### TASK DETAILS
Every line from the one with "fn eight(mut row: Row<'_>)" to the final line of the listing below should be repeated exactly, and only those.

++++++

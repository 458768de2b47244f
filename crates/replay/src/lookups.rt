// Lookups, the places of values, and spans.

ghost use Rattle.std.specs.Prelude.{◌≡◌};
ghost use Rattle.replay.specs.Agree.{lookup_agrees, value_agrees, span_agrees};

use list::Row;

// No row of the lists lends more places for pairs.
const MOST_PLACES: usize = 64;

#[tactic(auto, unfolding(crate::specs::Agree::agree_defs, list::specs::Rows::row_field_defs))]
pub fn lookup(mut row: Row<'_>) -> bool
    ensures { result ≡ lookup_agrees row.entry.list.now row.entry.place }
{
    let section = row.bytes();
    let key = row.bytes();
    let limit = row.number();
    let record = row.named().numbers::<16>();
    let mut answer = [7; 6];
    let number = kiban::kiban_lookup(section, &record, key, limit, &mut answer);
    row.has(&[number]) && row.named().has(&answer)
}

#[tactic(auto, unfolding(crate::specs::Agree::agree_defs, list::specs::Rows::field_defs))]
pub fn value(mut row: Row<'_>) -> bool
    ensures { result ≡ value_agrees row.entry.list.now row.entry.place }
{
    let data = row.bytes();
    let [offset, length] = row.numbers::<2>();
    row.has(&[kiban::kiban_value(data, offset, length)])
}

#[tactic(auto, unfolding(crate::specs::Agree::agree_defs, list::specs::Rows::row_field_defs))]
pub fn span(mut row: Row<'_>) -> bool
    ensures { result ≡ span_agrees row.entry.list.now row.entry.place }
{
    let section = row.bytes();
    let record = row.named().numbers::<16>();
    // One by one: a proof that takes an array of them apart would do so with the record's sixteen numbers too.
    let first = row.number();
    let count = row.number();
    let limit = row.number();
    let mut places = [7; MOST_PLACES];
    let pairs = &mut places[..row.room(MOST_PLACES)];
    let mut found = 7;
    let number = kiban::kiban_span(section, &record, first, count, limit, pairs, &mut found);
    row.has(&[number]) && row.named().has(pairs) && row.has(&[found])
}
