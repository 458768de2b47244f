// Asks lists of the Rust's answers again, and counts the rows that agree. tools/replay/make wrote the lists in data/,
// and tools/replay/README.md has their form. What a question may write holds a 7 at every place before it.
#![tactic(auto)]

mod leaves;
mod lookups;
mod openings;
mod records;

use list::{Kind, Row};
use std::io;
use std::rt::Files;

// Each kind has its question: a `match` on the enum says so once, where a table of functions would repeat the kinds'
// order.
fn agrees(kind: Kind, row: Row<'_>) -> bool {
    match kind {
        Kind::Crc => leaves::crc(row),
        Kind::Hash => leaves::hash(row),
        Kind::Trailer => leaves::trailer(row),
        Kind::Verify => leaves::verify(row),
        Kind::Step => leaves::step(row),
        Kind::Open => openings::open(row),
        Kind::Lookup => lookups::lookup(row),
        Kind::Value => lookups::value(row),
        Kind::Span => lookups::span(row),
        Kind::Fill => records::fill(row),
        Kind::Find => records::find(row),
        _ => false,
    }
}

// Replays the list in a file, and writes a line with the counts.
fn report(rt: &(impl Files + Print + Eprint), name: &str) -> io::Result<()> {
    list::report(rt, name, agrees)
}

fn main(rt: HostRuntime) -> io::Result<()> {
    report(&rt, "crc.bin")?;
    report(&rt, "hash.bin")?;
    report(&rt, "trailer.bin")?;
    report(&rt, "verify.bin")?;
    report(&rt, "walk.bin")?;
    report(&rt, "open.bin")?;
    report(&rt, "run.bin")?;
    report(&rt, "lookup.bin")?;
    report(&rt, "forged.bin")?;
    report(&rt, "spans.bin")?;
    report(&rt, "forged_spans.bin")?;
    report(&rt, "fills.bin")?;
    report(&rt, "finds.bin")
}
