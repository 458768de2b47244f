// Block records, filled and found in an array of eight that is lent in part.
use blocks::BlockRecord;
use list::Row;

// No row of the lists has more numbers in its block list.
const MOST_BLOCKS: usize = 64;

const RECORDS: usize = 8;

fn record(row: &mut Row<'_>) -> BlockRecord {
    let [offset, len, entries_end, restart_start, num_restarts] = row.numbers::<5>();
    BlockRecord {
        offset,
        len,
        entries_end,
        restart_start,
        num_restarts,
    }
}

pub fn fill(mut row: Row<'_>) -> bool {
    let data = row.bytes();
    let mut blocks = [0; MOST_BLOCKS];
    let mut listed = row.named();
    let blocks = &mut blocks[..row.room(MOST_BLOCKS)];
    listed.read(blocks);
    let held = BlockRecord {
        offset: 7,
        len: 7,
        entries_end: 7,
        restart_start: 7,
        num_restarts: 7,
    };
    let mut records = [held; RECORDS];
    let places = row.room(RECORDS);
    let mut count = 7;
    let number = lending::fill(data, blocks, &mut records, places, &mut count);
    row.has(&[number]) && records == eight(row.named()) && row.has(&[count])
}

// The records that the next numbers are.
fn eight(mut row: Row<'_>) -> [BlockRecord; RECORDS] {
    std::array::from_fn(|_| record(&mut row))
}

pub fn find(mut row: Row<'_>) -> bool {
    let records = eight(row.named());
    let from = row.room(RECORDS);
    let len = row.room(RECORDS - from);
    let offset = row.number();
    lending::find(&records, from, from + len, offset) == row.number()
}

++++++

### PROBLEM SOLUTION
fn eight(mut row: Row<'_>) -> [BlockRecord; RECORDS] {
    std::array::from_fn(|_| record(&mut row))
}

pub fn find(mut row: Row<'_>) -> bool {
    let records = eight(row.named());
    let from = row.room(RECORDS);
    let len = row.room(RECORDS - from);
    let offset = row.number();
    lending::find(&records, from, from + len, offset) == row.number()
}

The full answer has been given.